[What you are asked to do] Each line below that includes the word "recovery" is to be reported.

##############################

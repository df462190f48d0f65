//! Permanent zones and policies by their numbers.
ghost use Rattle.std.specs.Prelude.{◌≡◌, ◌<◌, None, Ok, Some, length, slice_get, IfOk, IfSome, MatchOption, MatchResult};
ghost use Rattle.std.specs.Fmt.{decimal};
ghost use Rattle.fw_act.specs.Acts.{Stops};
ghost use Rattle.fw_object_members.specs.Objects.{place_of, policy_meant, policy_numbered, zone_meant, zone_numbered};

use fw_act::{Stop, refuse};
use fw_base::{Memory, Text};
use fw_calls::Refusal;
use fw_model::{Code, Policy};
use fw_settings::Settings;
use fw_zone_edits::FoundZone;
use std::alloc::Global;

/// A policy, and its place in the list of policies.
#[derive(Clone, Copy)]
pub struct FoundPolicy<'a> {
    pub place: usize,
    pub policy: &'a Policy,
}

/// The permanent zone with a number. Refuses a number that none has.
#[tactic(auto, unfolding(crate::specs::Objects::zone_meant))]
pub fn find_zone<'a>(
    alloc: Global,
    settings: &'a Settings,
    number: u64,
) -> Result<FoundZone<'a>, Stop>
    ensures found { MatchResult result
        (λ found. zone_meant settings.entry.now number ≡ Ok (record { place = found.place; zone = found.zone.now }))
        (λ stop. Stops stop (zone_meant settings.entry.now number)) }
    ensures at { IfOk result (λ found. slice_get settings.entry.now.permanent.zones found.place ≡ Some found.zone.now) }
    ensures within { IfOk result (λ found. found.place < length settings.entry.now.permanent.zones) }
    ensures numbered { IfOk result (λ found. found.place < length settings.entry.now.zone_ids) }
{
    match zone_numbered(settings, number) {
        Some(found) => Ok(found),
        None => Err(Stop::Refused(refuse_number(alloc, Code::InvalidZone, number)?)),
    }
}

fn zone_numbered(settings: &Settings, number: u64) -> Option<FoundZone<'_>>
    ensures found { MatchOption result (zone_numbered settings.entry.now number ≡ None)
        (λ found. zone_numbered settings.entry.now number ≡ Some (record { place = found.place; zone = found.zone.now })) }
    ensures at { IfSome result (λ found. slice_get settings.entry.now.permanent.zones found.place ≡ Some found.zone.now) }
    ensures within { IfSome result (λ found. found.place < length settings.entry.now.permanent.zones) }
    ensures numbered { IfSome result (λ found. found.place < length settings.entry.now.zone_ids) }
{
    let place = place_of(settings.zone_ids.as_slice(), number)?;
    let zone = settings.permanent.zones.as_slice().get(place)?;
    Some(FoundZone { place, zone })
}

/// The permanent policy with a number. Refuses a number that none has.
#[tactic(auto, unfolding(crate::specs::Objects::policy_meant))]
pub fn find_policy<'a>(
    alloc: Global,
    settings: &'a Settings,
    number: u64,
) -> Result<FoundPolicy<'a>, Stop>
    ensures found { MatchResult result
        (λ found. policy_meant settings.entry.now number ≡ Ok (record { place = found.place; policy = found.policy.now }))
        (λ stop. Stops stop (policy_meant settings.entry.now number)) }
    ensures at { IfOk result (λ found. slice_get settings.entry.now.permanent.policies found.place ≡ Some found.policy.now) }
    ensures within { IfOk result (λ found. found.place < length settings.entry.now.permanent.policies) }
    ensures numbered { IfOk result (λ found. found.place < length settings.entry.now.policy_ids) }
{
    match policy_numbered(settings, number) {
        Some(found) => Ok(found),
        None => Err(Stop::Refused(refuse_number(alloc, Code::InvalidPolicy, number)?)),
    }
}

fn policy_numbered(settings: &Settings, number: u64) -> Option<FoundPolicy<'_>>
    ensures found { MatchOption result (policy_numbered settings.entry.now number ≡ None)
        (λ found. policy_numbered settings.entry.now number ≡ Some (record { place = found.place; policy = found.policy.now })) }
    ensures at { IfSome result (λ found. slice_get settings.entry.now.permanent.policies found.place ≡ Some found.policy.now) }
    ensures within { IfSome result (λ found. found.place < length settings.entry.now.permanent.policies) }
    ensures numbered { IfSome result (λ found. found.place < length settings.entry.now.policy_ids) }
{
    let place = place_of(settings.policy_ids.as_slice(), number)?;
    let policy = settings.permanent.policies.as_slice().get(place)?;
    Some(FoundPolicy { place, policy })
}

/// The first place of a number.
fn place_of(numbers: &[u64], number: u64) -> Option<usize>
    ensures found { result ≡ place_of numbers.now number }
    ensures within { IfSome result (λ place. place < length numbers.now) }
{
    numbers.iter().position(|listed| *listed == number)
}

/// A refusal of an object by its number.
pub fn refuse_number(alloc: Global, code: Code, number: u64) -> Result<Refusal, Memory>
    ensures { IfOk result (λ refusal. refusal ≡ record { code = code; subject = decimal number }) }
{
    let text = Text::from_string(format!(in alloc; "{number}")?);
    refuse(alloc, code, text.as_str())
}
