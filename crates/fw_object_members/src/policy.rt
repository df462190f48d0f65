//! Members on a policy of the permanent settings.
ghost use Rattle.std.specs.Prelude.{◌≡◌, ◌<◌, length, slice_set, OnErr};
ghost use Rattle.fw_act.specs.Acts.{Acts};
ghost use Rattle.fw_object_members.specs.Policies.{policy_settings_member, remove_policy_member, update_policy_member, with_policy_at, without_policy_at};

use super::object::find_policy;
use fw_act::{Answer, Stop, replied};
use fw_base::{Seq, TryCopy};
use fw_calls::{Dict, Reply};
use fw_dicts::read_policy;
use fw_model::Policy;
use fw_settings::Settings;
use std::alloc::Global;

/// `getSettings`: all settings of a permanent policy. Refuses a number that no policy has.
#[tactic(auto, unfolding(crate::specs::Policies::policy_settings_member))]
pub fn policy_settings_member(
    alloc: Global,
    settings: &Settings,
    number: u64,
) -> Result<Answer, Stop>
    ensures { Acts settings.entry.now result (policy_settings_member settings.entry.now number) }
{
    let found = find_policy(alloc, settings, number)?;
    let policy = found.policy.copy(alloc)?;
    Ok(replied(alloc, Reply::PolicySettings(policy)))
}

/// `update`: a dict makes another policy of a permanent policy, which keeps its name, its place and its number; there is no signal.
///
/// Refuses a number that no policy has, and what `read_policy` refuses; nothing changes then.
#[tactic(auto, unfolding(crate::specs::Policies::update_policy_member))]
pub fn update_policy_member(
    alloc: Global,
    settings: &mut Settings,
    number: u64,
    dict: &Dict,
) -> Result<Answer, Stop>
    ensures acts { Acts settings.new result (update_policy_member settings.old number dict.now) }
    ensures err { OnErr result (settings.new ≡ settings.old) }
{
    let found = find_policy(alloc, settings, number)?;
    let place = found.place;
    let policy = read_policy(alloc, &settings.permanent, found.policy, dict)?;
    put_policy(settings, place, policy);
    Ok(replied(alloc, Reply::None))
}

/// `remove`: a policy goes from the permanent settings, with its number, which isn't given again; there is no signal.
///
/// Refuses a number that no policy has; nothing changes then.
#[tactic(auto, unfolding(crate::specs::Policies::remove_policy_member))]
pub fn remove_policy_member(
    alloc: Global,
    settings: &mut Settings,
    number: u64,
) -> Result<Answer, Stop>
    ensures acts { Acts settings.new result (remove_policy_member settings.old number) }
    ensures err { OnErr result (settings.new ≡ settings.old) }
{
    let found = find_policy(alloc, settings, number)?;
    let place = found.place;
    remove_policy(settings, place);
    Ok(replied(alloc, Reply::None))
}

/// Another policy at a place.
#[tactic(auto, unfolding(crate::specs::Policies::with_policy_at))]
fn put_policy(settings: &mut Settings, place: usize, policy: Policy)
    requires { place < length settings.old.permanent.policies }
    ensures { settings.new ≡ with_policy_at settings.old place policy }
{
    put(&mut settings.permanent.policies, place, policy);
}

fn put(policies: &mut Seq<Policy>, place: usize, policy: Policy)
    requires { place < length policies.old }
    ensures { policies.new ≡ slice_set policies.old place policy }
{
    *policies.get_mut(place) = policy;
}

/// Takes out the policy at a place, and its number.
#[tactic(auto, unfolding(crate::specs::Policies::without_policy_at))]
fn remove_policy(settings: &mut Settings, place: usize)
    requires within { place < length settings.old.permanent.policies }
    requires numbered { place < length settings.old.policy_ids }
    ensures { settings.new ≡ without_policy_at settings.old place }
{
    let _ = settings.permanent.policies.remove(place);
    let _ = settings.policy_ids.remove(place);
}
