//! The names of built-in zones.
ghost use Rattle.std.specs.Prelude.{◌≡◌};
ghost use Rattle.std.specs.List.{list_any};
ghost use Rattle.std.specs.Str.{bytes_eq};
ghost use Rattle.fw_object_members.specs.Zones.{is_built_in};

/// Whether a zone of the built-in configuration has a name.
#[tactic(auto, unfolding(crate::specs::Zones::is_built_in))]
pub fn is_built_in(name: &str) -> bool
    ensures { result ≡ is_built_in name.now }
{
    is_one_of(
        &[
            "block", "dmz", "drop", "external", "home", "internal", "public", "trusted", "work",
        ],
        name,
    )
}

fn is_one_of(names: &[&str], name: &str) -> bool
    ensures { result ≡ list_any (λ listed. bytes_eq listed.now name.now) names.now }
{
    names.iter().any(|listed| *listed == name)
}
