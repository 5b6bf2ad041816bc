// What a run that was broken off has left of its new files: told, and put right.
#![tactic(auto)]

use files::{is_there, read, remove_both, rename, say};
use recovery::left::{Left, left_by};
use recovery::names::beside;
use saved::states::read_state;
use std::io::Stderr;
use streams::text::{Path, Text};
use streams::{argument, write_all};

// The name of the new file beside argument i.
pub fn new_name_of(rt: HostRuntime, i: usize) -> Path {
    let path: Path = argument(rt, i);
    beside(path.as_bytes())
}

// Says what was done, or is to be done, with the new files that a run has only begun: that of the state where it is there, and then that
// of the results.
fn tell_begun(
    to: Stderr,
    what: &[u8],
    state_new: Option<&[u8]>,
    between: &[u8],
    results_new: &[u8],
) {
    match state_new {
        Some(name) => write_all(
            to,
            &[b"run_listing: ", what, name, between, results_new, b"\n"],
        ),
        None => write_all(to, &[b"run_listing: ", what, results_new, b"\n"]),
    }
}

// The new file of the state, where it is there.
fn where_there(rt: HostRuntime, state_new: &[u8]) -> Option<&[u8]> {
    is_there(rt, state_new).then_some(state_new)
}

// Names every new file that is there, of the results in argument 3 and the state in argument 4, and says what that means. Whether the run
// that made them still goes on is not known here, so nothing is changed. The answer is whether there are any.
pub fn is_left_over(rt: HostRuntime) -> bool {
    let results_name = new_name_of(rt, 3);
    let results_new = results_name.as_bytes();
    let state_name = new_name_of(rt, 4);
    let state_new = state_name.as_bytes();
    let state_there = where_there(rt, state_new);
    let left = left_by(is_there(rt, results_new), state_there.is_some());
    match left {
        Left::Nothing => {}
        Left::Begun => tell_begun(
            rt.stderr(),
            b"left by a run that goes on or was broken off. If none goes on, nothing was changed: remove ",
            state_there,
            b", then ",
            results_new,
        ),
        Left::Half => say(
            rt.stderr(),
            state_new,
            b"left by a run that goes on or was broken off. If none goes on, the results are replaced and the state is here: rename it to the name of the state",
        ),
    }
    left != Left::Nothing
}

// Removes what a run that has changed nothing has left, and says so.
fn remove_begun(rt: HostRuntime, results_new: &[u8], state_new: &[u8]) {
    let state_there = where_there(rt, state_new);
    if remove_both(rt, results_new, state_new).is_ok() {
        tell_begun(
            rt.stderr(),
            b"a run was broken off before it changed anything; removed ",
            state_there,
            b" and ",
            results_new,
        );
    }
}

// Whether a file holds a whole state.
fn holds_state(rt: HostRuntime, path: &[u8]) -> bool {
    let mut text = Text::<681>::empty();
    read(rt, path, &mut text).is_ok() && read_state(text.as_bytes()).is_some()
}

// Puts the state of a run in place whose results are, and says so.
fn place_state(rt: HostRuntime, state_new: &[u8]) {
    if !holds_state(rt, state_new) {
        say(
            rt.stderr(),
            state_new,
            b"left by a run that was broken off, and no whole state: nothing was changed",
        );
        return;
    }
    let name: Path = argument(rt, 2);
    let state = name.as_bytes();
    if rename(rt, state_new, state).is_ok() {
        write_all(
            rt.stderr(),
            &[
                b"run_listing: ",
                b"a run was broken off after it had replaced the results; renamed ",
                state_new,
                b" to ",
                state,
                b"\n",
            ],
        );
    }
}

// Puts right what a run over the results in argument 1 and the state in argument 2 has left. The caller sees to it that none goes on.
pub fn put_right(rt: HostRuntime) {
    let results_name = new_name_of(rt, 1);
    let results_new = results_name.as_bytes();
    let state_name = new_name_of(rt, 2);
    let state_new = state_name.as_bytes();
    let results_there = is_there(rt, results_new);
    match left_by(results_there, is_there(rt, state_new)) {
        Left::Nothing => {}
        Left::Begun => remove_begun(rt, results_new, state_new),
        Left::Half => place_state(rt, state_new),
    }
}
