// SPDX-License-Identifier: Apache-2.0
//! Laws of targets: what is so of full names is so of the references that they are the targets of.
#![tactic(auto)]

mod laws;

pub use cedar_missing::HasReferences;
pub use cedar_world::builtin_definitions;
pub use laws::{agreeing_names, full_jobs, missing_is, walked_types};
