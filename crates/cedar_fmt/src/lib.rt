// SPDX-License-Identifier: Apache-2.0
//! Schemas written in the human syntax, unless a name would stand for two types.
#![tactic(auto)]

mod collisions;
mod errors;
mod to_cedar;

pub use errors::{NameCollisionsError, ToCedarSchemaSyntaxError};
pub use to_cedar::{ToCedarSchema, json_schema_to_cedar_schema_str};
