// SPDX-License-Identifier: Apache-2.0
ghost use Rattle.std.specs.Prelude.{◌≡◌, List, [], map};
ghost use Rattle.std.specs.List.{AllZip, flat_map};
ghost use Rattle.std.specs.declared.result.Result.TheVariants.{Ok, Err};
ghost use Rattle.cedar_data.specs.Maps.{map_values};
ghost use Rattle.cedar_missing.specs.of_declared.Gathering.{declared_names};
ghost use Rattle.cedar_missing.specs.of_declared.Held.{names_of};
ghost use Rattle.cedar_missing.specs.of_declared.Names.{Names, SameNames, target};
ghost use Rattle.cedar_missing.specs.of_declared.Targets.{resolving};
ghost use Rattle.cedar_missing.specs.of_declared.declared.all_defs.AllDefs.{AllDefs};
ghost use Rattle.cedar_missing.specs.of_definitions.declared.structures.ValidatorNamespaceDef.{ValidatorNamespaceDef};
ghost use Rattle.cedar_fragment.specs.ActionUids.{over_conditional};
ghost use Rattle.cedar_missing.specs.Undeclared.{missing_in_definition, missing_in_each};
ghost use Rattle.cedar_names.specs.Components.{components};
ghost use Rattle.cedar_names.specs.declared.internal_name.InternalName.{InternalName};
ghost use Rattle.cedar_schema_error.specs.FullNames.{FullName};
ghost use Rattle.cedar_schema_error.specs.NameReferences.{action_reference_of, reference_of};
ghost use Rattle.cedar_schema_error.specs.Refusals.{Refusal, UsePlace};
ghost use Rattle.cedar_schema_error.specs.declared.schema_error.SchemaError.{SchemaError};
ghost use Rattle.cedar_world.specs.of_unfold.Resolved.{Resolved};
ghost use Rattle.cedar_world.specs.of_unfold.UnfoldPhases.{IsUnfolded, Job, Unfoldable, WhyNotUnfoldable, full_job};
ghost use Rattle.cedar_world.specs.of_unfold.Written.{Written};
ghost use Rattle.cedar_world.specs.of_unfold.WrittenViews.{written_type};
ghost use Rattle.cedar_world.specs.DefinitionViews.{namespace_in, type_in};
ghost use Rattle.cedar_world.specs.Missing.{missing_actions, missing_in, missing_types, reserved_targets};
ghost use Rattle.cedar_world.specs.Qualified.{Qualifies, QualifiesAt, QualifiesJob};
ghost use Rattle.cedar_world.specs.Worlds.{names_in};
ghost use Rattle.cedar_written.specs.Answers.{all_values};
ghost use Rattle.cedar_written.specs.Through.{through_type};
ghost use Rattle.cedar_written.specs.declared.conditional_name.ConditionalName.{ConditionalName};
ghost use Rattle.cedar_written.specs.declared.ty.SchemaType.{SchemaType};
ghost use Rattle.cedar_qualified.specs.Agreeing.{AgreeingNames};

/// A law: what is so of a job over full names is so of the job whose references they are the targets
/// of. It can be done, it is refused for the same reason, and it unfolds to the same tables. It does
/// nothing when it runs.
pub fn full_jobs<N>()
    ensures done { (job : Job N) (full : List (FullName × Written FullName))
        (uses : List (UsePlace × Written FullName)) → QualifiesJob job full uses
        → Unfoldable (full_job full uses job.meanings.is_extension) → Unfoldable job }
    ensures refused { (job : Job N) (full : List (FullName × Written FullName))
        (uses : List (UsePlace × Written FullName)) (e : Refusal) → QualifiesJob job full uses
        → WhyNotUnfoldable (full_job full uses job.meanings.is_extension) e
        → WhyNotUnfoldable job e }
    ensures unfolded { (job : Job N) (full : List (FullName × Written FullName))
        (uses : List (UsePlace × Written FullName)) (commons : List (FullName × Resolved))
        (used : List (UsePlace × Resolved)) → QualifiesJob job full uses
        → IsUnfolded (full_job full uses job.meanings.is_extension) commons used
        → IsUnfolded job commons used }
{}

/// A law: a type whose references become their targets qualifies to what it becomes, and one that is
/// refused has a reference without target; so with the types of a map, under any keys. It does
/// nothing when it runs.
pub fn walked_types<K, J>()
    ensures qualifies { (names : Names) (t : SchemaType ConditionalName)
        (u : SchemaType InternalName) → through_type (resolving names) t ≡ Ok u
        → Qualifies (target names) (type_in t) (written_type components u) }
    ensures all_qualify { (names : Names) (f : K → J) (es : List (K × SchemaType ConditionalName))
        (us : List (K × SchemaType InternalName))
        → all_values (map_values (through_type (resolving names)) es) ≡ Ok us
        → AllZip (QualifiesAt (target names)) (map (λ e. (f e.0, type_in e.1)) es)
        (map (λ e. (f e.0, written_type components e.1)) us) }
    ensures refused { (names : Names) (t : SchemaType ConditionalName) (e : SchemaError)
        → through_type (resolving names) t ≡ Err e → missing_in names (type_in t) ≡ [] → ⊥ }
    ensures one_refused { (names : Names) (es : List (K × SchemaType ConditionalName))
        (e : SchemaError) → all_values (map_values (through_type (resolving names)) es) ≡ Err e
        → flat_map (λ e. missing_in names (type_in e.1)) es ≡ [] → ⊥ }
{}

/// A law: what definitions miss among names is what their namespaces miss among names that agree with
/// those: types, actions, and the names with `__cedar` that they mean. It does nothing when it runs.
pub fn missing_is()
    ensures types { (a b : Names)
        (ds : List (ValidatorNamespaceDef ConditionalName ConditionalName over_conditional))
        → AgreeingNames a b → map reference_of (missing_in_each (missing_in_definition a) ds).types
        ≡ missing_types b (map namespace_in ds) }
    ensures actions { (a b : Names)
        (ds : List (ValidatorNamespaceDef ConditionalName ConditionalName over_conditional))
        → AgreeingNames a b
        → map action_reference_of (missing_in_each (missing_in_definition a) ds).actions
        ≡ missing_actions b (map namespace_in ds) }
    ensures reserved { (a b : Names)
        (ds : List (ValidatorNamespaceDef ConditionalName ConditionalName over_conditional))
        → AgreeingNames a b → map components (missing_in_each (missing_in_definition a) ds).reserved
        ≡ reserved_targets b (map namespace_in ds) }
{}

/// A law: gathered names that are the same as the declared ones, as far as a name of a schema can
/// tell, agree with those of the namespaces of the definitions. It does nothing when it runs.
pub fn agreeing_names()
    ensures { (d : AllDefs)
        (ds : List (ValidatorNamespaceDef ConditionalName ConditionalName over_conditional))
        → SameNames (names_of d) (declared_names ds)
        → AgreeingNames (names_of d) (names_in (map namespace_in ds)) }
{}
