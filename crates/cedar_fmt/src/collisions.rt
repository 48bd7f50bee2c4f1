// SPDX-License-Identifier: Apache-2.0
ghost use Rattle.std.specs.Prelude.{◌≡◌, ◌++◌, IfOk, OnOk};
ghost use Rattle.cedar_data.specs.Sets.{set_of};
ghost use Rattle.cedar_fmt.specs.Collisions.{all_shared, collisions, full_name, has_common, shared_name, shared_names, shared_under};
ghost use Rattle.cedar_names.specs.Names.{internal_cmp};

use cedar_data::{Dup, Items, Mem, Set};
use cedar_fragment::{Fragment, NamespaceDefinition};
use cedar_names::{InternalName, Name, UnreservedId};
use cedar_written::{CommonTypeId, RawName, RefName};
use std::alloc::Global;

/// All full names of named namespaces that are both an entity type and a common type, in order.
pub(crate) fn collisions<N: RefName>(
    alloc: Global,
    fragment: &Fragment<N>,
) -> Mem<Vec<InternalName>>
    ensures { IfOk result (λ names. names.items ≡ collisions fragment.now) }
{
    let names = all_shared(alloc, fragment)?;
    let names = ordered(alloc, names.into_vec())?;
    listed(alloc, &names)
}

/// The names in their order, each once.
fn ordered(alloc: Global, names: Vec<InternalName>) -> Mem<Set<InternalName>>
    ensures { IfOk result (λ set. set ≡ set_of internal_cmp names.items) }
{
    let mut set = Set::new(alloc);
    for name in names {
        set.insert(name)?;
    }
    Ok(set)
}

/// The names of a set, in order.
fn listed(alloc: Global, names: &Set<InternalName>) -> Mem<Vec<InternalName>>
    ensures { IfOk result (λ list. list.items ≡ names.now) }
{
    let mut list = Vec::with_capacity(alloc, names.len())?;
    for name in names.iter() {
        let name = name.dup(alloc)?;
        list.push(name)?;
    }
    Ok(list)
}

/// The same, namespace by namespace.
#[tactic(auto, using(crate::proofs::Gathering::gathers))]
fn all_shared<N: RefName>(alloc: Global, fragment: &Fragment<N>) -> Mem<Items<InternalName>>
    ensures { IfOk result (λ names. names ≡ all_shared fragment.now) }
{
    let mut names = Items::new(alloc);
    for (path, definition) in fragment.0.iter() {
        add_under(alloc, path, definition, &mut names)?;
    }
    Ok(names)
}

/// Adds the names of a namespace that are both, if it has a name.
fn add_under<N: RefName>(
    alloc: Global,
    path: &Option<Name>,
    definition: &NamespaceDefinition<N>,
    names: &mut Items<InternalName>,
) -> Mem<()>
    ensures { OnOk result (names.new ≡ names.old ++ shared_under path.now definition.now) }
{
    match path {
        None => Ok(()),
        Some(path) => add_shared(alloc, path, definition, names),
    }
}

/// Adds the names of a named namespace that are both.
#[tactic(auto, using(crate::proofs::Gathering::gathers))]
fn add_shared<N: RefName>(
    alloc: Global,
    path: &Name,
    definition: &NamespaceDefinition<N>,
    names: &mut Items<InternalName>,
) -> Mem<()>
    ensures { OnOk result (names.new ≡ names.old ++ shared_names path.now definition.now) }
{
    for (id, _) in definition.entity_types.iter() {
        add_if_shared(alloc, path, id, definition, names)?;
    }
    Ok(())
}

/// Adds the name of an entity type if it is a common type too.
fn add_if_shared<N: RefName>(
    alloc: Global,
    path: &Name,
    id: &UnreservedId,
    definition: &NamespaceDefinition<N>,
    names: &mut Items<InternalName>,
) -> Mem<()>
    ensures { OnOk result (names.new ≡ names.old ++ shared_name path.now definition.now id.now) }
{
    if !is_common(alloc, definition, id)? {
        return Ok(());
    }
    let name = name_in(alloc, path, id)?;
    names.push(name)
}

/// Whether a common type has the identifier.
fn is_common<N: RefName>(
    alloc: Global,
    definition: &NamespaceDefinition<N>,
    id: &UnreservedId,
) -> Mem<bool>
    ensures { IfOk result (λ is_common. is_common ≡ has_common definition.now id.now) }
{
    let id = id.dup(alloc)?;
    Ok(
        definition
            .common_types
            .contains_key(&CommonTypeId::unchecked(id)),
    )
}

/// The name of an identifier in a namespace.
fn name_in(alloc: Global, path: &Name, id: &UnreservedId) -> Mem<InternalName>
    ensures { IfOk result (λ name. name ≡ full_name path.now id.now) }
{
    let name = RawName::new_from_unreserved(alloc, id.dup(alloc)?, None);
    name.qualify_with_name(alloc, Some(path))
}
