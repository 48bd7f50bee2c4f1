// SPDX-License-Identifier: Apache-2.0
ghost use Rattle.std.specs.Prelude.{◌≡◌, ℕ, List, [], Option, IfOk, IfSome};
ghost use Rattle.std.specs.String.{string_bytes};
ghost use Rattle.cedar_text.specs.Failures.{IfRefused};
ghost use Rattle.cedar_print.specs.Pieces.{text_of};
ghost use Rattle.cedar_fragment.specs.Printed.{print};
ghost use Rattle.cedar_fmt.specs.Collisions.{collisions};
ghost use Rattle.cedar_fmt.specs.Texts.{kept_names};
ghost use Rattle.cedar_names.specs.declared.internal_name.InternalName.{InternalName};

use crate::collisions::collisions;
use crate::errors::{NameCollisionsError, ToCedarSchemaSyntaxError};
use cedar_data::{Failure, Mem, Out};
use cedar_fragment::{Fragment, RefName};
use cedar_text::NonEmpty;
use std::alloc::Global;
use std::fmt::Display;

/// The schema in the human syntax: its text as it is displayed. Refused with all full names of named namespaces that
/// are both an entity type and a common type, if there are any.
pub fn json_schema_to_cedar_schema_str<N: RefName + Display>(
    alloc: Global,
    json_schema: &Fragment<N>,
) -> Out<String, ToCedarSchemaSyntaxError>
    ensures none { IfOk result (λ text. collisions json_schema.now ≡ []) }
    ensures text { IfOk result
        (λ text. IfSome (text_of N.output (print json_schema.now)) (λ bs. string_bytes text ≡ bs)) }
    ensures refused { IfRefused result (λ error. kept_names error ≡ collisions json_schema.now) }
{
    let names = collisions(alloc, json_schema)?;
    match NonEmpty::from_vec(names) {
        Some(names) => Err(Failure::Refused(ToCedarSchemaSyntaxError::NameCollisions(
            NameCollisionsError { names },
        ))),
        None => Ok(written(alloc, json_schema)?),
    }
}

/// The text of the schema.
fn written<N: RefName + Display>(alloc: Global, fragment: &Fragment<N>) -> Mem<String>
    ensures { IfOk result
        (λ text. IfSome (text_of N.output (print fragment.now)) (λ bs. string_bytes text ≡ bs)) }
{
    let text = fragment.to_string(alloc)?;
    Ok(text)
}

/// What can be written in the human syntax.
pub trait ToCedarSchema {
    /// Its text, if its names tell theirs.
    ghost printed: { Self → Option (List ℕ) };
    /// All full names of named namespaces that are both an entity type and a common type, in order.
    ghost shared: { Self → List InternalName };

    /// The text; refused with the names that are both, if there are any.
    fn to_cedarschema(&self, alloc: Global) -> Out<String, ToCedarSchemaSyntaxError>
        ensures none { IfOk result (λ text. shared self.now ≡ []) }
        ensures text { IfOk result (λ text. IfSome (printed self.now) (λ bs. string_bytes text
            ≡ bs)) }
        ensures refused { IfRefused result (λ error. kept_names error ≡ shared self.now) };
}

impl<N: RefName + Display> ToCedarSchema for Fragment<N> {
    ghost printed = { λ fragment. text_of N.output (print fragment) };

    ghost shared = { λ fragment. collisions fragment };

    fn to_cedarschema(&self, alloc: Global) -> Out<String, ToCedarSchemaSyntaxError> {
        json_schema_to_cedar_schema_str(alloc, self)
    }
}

##############################

[Exercise output]
use recovery::left::{Left, left_by};
use recovery::names::beside;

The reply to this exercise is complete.